We purchased new Dell R760 with 7 onboard NVMe SSD drives that are setup in a RAID 5 on a PERC H965i.
The server are setup with the custom Dell ISO of ESXi 8.0.1 build-21813344.
I was setting up a new windows server to act as a proxy for veeam and notice the server just hung up for around 15 mins (which might not be related to the issue i am posting about). So I went out to see if there was something going on using esxtop. Everything was fine except for the storage area. There was barely any activity happening with the windows server as far as disk activity went but the latency numbers are a real head scratcher.

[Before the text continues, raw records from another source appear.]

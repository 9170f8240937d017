//! Members of a request for a list that don't go together.

ghost use Rattle.std.specs.Prelude.{◌≡◌};
ghost use Rattle.serde_json.specs.View.{members_view};
ghost use Rattle.alt_machine.specs.Lists as machine;
ghost use Rattle.alt_machine.specs.Sources.{selects};

use alt_request::asks;
use alt_shape::given;
use serde_json::{Map, Value};

/// Whether Select doesn't go with the projection or the index.
pub(crate) fn is_mismatched(body: &Map<String, Value>) -> bool
    ensures { result ≡ machine.is_mismatched (members_view body.now.entries) }
{
    is_projection_odd(body) || is_select_odd(body)
}

/// There is a projection, as an expression or as a list of names.
fn gives_parts(body: &Map<String, Value>) -> bool
    ensures { result ≡ machine.gives_parts (members_view body.now.entries) }
{
    is_given(body, "ProjectionExpression") || is_given(body, "AttributesToGet")
}

/// There is one, and Select says something else.
fn is_projection_odd(body: &Map<String, Value>) -> bool
    ensures { result ≡ machine.is_projection_odd (members_view body.now.entries) }
{
    gives_parts(body) && is_given(body, "Select") && !selects(body, "SPECIFIC_ATTRIBUTES")
}

/// Select asks for what isn't there: a projection, or an index.
fn is_select_odd(body: &Map<String, Value>) -> bool
    ensures { result ≡ machine.is_select_odd (members_view body.now.entries) }
{
    (selects(body, "SPECIFIC_ATTRIBUTES") && !gives_parts(body))
        || (selects(body, "ALL_PROJECTED_ATTRIBUTES") && !is_given(body, "IndexName"))
}

fn is_given(body: &Map<String, Value>, name: &str) -> bool
    ensures { result ≡ machine.is_given name.now (members_view body.now.entries) }
{
    given(body, name).is_some()
}

/// Whether Select is that word.
pub(crate) fn selects(body: &Map<String, Value>, word: &str) -> bool
    ensures { result ≡ selects word.now (members_view body.now.entries) }
{
    asks(body, "Select", word)
}
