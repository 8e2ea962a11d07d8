//! Lists of texts.

ghost use Rattle.std.specs.Prelude.{◌≡◌, ◌∷◌, ◌++◌, [], OnOk, OnErr};

use kc_base::Bytes;
use std::alloc::{AllocError, Global};
use std::marker::Model;

/// Texts, one after another. Contracts see them as a list of lists of bytes.
#[derive(Debug, Drop)]
pub struct Texts {
    inner: Vec<Bytes>,
}

impl Model for Texts {
    ghost use Rattle.std.specs.Prelude.{List, ℕ};

    ghost Value = { List (List ℕ) };

    ghost view = { λ texts. texts.inner.items };
}

impl Texts {
    /// No texts. No memory is taken.
    pub fn new(alloc: Global) -> Texts
        ensures { result ≡ [] }
    {
        Texts {
            inner: Vec::new(alloc),
        }
    }

    /// Adds a text at the end. Want of memory leaves the texts as they were.
    pub fn push(&mut self, text: Bytes) -> Result<(), AllocError>
        ensures ok { OnOk result (self.new ≡ self.old ++ text ∷ []) }
        ensures err { OnErr result (self.new ≡ self.old) }
    {
        self.inner.push(text)?;
        Ok(())
    }

    /// The texts.
    pub fn as_slice(&self) -> &[Bytes]
        ensures { result.now ≡ self.now }
    {
        self.inner.as_slice()
    }
}
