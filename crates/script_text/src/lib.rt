//! The reading of a script: its lines, their tokens, and the commands that these spell.
#![tactic(auto)]

mod arguments;
mod commands;
mod cutter;
mod hexadecimal;
mod line_parser;
mod line_reader;
mod parts;
mod rows;
mod split;
mod texts;
mod tokens;

pub use commands::{Command, Line};
pub use cutter::LineCutter;
pub use line_parser::{MAX_LINE, read_line};
pub use line_reader::{LineReader, MAX_PIECE};
pub use parts::{Part, cut_parts};
pub use split::{split_line, whole_lines_stay};
pub use texts::Texts;
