//! Bytes out of hexadecimal digits. Neither loop stops before its end or branches, so that many digits are looked at at
//! once.

ghost use Rattle.std.specs.Prelude.{◌≡◌, ◌/◌, ◌%◌, ◌==◌, ◌&&◌, ℕ, IsTrue, length, Ok, Some};
ghost use Rattle.std.specs.List.{list_all};
ghost use Rattle.hex.specs.Hex.{decode_pairs, hex_digit_value, is_hex_digit, pair_value};

fn are_hex_digits(text: &[u8]) -> bool
    ensures { result ≡ list_all is_hex_digit text.now }
{
    text.iter().fold(true, |all, b| all & b.is_ascii_hexdigit())
}

/// Whether these are pairs of hexadecimal digits, in either case.
pub fn are_pairs(text: &[u8]) -> bool
    ensures { result ≡ (length text.now % 2 == 0 && list_all is_hex_digit text.now) }
{
    text.len() % 2 == 0 && are_hex_digits(text)
}

fn digit_value(digit: u8) -> u8
    requires { IsTrue (is_hex_digit digit) }
    ensures { hex_digit_value digit ≡ Some result }
{
    match digit {
        b'0'..=b'9' => digit - b'0',
        b'A'..=b'F' => digit - b'A' + 10,
        _ => digit - b'a' + 10,
    }
}

fn byte_of(high: u8, low: u8) -> u8
    requires high { IsTrue (is_hex_digit high) }
    requires low { IsTrue (is_hex_digit low) }
    ensures { (i : ℕ) → pair_value high low i ≡ Ok result }
{
    digit_value(high) * 16 + digit_value(low)
}

/// Writes the byte of each two digits.
pub fn write_bytes(digits: &[u8], bytes: &mut [u8])
    requires pairs { IsTrue (length digits.now % 2 == 0 && list_all is_hex_digit digits.now) }
    requires length { length bytes.old ≡ length digits.now / 2 }
    ensures { decode_pairs 0 digits.now ≡ Ok bytes.new }
{
    'bytes: for i in 0..bytes.len() {
        bytes[i] = byte_of(digits[2 * i], digits[2 * i + 1]);
    }
}
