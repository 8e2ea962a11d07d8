//! The tokens of a line.

ghost use Rattle.std.specs.Prelude.{◌≡◌, ◌+◌, ◌++◌, ◌<◌, map, drop, length, IfOk};
ghost use Rattle.std.specs.List.{list_all, position_or_len};
ghost use Rattle.script_text.specs.Tokens.{is_blank, is_visible, tokens_of, is_comment};

use memchr::memchr2;
use std::alloc::{AllocError, Global};

/// The most tokens that most lines have.
const FEW: usize = 8;

pub fn is_blank(b: u8) -> bool
    ensures { result ≡ is_blank b }
{
    b == b' ' || b == b'\t'
}

// Where the first blank is, or the length where there is none.
fn end_of_token(line: &[u8]) -> usize
    ensures { result ≡ position_or_len is_blank line.now }
{
    memchr2(b' ', b'\t', line).unwrap_or(line.len())
}

// What stands behind that place.
fn behind(line: &[u8], place: usize) -> &[u8]
    ensures { result.now ≡ drop (place + 1) line.now }
{
    if place >= line.len() {
        return &line[line.len()..];
    }
    &line[place + 1..]
}

// Adds what stands there before the first blank, where that isn't nothing, and says what stands behind it.
fn take_token<'a>(tokens: &mut Vec<&'a [u8]>, line: &'a [u8]) -> Result<&'a [u8], AllocError>
    ensures tokens { IfOk result (λ rest. map (λ token. token.now) tokens.old.items ++ tokens_of line.now
        ≡ map (λ token. token.now) tokens.new.items ++ tokens_of rest.now) }
    ensures less { IfOk result (λ rest. 0 < length line.now → length rest.now < length line.now) }
{
    let end = end_of_token(line);
    if end > 0 {
        tokens.push(&line[..end])?;
    }
    Ok(behind(line, end))
}

/// What stands between blanks.
pub fn split_tokens(alloc: Global, line: &[u8]) -> Result<Vec<&[u8]>, AllocError>
    ensures { IfOk result (λ tokens. map (λ token. token.now) tokens.items ≡ tokens_of line.now) }
{
    let mut tokens = Vec::with_capacity(alloc, FEW)?;
    let mut rest = line;
    while !rest.is_empty() {
        rest = take_token(&mut tokens, rest)?;
    }
    Ok(tokens)
}

// All bytes are looked at, so that many are at once.
fn is_visible_token(token: &[u8]) -> bool
    ensures { result ≡ list_all is_visible token.now }
{
    token
        .iter()
        .fold(true, |all, b| all & (0x21 <= *b && *b <= 0x7e))
}

/// Whether the tokens have only printed characters of ASCII.
pub fn are_visible(tokens: &[&[u8]]) -> bool
    ensures { result ≡ list_all (list_all is_visible) (map (λ token. token.now) tokens.now) }
{
    tokens.iter().all(|token| is_visible_token(token))
}

pub fn begins_comment(token: &[u8]) -> bool
    ensures { result ≡ is_comment token.now }
{
    match token {
        [b, ..] => *b == b'#',
        [] => false,
    }
}
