//! Where a line ends.

ghost use Rattle.std.specs.Prelude.{◌≡◌, ◌∷◌, [], ◌++◌, ◌<◌, ◌≤◌, length, take, drop, Contains, IfSome, MatchOption};
ghost use Rattle.script_text.specs.Lines.{lines_of};
ghost use Rattle.script_text.specs.LineCutter.{IsFirstFeed};
ghost use Rattle.script_text.specs.Whole.{WholeLinesStay, NoWholeLine};

use memchr::memchr;

/// Where the first line feed stands, or `None` where there is none.
pub fn feed_place(bytes: &[u8]) -> Option<usize>
    ensures { MatchOption result (Contains bytes.now 10 → ⊥) (IsFirstFeed bytes.now) }
{
    memchr(b'\n', bytes)
}

// How long the first line is, with its line feed.
pub(crate) fn line_len(bytes: &[u8]) -> usize
    requires { 0 < length bytes.now }
    ensures within { (0 < result) × (result ≤ length bytes.now) }
    ensures line { lines_of bytes.now ≡ take result bytes.now ∷ lines_of (drop result bytes.now) }
{
    match feed_place(bytes) {
        Some(place) => place + 1,
        None => bytes.len(),
    }
}

/// The first line, with the line feed that ends it where one does, and what stands behind it. `None` exactly where no
/// byte is left.
pub fn split_line(bytes: &[u8]) -> Option<(&[u8], &[u8])>
    ensures line { MatchOption result (bytes.now ≡ []) (λ cut. lines_of bytes.now ≡ cut.0.now ∷ lines_of cut.1.now) }
    ensures bytes { IfSome result (λ cut. (0 < length cut.0.now) × (bytes.now ≡ cut.0.now ++ cut.1.now)) }
{
    if bytes.is_empty() {
        return None;
    }
    Some(bytes.split_at(line_len(bytes)))
}

/// A law of the lines that a line feed ends: those of a front are the first of all.
pub fn whole_lines_stay()
    ensures stay { WholeLinesStay }
    ensures none { NoWholeLine }
{}
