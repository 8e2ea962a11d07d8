//! Lines out of pieces that come one after another.

ghost use Rattle.std.specs.Prelude.{◌≡◌, ◌||◌, ◌&&◌, not, length, nat_eq, nat_lt, ◌≤◌, ◌++◌, List, ℕ, [], ◌∷◌, Some, drop, true, false, vec_len, Contains, MatchBool, IfSome, IfOk, OnOk, OnErr};
ghost use Rattle.script_text.specs.LineCutter.{all_seen, IsPending, CutsNext, CutsLast};
ghost use Rattle.script_text.specs.Script.{line_of};
ghost use Rattle.script_text.specs.Sizes.{IsShortLine};

use crate::commands::Line;
use crate::line_parser::{MAX_LINE, read_line};
use crate::split::feed_place;
use std::alloc::{AllocError, Global};
use std::marker::Model;

/// Cuts a script into its lines as it comes, piece by piece. Of a line that has more than 65,536 bytes before its line
/// feed it keeps none.
#[derive(Drop)]
pub struct LineCutter {
    alloc: Global,
    bytes: Vec<u8>,
    // where the line begins that has begun
    at: usize,
    // up to where no line feed stands in it
    seen: usize,
    // it is too long already, and what stands up to there counts no more
    long: bool,
}

impl Model for LineCutter {
    ghost use Rattle.std.specs.Prelude.{◌≤◌, vec_len};
    ghost use Rattle.script_text.specs.LineCutter.{CutterState, kept_in};

    ghost Value = { CutterState };

    ghost view = { λ c. kept_in c.bytes.items c.at c.seen c.long };

    ghost invariant = { λ c. (c.at ≤ c.seen) × (c.seen ≤ vec_len c.bytes) };
}

// Takes so many bytes off the front. Where there are none, nothing is moved, since a line may come in many short
// pieces.
fn drop_front(bytes: &mut Vec<u8>, count: usize)
    requires { count ≤ vec_len bytes.old }
    ensures { bytes.new.items ≡ drop count bytes.old.items }
{
    if count == 0 {
        return;
    }
    let rest = bytes.len() - count;
    bytes.copy_within(count.., 0);
    bytes.truncate(rest);
}

// What a line says that a line feed ends.
fn read_whole(alloc: Global, long: bool, line: &[u8]) -> Result<Line, AllocError>
    ensures long { long ≡ true → IfOk result (λ said. said ≡ Line.Malformed) }
    ensures line { long ≡ false → IfOk result (λ said. said ≡ line_of line.now) }
    ensures short { IfOk result IsShortLine }
{
    if long {
        return Ok(Line::Malformed);
    }
    read_line(alloc, line)
}

// Whether nothing is left: no bytes, and none of a line that is too long.
fn is_nothing(long: bool, rest: &[u8]) -> bool
    ensures { result ≡ (not long && nat_eq (length rest.now) 0) }
{
    !long && rest.is_empty()
}

// Whether a line that has begun with so many bytes is too long, or was before.
fn is_too_long(long: bool, count: usize) -> bool
    ensures { result ≡ (long || nat_lt 65536 count) }
{
    long || count > MAX_LINE
}

impl LineCutter {
    /// Nothing has come yet. No memory is taken.
    pub fn new(alloc: Global) -> LineCutter
        ensures { result ≡ record { begun = Some []; unseen = [] } }
    {
        LineCutter {
            alloc,
            bytes: Vec::new(alloc),
            at: 0,
            seen: 0,
            long: false,
        }
    }

    /// Takes the next piece. Want of memory changes nothing.
    pub fn feed(&mut self, piece: &[u8]) -> Result<(), AllocError>
        ensures ok { OnOk result (self.new ≡ record { begun = self.old.begun; unseen = self.old.unseen ++ piece.now }) }
        ensures err { OnErr result (self.new ≡ self.old) }
    {
        drop_front(&mut self.bytes, self.at);
        self.seen -= self.at;
        self.at = 0;
        self.bytes.extend_from_slice(piece)
    }

    /// Whether a line feed ends a line of what is left.
    pub fn has_line(&self) -> bool
        ensures { (bytes : List ℕ) → IsPending bytes self.now → MatchBool result (Contains bytes 10) (Contains bytes 10 → ⊥) }
    {
        feed_place(&self.bytes[self.seen..]).is_some()
    }

    // No line feed stands in what has come.
    fn see_all(&mut self)
        ensures { self.new ≡ all_seen self.old }
    {
        let length = self.bytes.len();
        if is_too_long(self.long, length - self.at) {
            self.long = true;
            self.at = length;
            self.seen = length;
            return;
        }
        self.seen = length;
    }

    /// The next line that a line feed ends, or `None` exactly where none is left. It looks for a line feed in no byte
    /// twice. Want of memory changes nothing.
    pub fn next(&mut self) -> Result<Option<Line>, AllocError>
        ensures line { IfOk result (CutsNext self.old self.new) }
        ensures short { IfOk result (λ answer. IfSome answer IsShortLine) }
        ensures err { OnErr result (self.new ≡ self.old) }
    {
        let Some(place) = feed_place(&self.bytes[self.seen..]) else {
            self.see_all();
            return Ok(None);
        };
        let end = self.seen + place + 1;
        let said = read_whole(self.alloc, self.long, &self.bytes[self.at..end])?;
        self.at = end;
        self.seen = end;
        self.long = false;
        Ok(Some(said))
    }

    /// What is left where the input ends, as a line, or `None` exactly where no byte is left. Want of memory changes
    /// nothing.
    pub fn last(&mut self) -> Result<Option<Line>, AllocError>
        ensures line { IfOk result (CutsLast self.old self.new) }
        ensures short { IfOk result (λ answer. IfSome answer IsShortLine) }
        ensures err { OnErr result (self.new ≡ self.old) }
    {
        let rest = &self.bytes[self.at..];
        if is_nothing(self.long, rest) {
            return Ok(None);
        }
        let said = read_whole(self.alloc, self.long, rest)?;
        let end = self.bytes.len();
        self.at = end;
        self.seen = end;
        self.long = false;
        Ok(Some(said))
    }
}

This is one sampling and this just randomly happens with 1 VM setup.
KAVG/cmd: -136383.89 (Yes that is negative)
I downloaded iometer to do a load test of the storage and the numbers showed what i would expect.
I have opened a ticket with vmware but wanted to ask the community if anyone has seen anything like this.
Also I was on the phone with dell pro support for about 3 hours and they wanted me to call vmware since they could not find anything.
All drivers and firmware on the storage are up to date.
I have not put this server into production yet until an answer can be found out. My fear is I will move over servers and there will be an issue.
Found out some interesting things !
Same problem with high latency on large blocksizes exists on H755N with Firmware 52.21.1-5149 released on 22.09.23 too.
On Firmware 52.21.0-4606 everything works great ! Maybe you can give a try and downgrade the firmware of H965i to 188.8.131.52.18-86 too ? Maybe Dell has implemted fixes for PERC11 and PERC12 for latest builds and same problem occurs on latest firmware for both controller.
Thanks. I downgraded and it still does the same thing with latency.
I did get this from vmware on my specific issue.
The Engineering team have shared the update that:
“We have been actively debugging this issue, but looks to be a tricky one. We have added debug logs from where the stats are fetched, but we see no anomalies there, yet esxtop reports high and negative stats sometimes. We have not yet root caused the issue, debug is still in progress.”
I will keep you updated with the progress.
Can you confirm this issue occurs with RAID 1 or RAID 10 and not just RAID 5? Everyone I've seen thus far reporting this issue were using a RAID 5 configuration. Looking at buying an R760 and now considering picking up the PERC 11 version for now. Though not sure how easy it would be to upgrade in the future.
In my situation it happens on the BOSS Card in a RAID 1 and the NVMe RAID 5.
My personal thought is it is the NVMe part of the setup that is causing the issue but I cannot confirm this until Dell replaces my configuration with a SAS SSD setup or something else.
Dell is currently working on something with it, i will let you know what i find out.
I am also see this latency issue. We just implemented 4 R760's running VMware ESXi, 8.0.1, 22088125 dell custom ISO A04 with vSAN 8 ESA. Using BOSS in RAID 1 for OS and we have 6 nvme drives at 3.49TB per host. I see high latency on the storage path. Disk latency looks to be very low as indicated in this thread. HBA reporting very high latency in the hundreds of thousands, as high as 500,000. Looks like I will be transfering 21TB's back to the old system.
Storage path from one of the R760's. All hosts have high numbers
I thought after I posted this that we are running vSAN so we wouldn't need a raid controller so I went into inventory and all we have controller wise:
405-AACD : No Controller
403-BCRU : BOSS-N1 controller card + wit h 2 M.2 480GB (RAID 1) for the OS.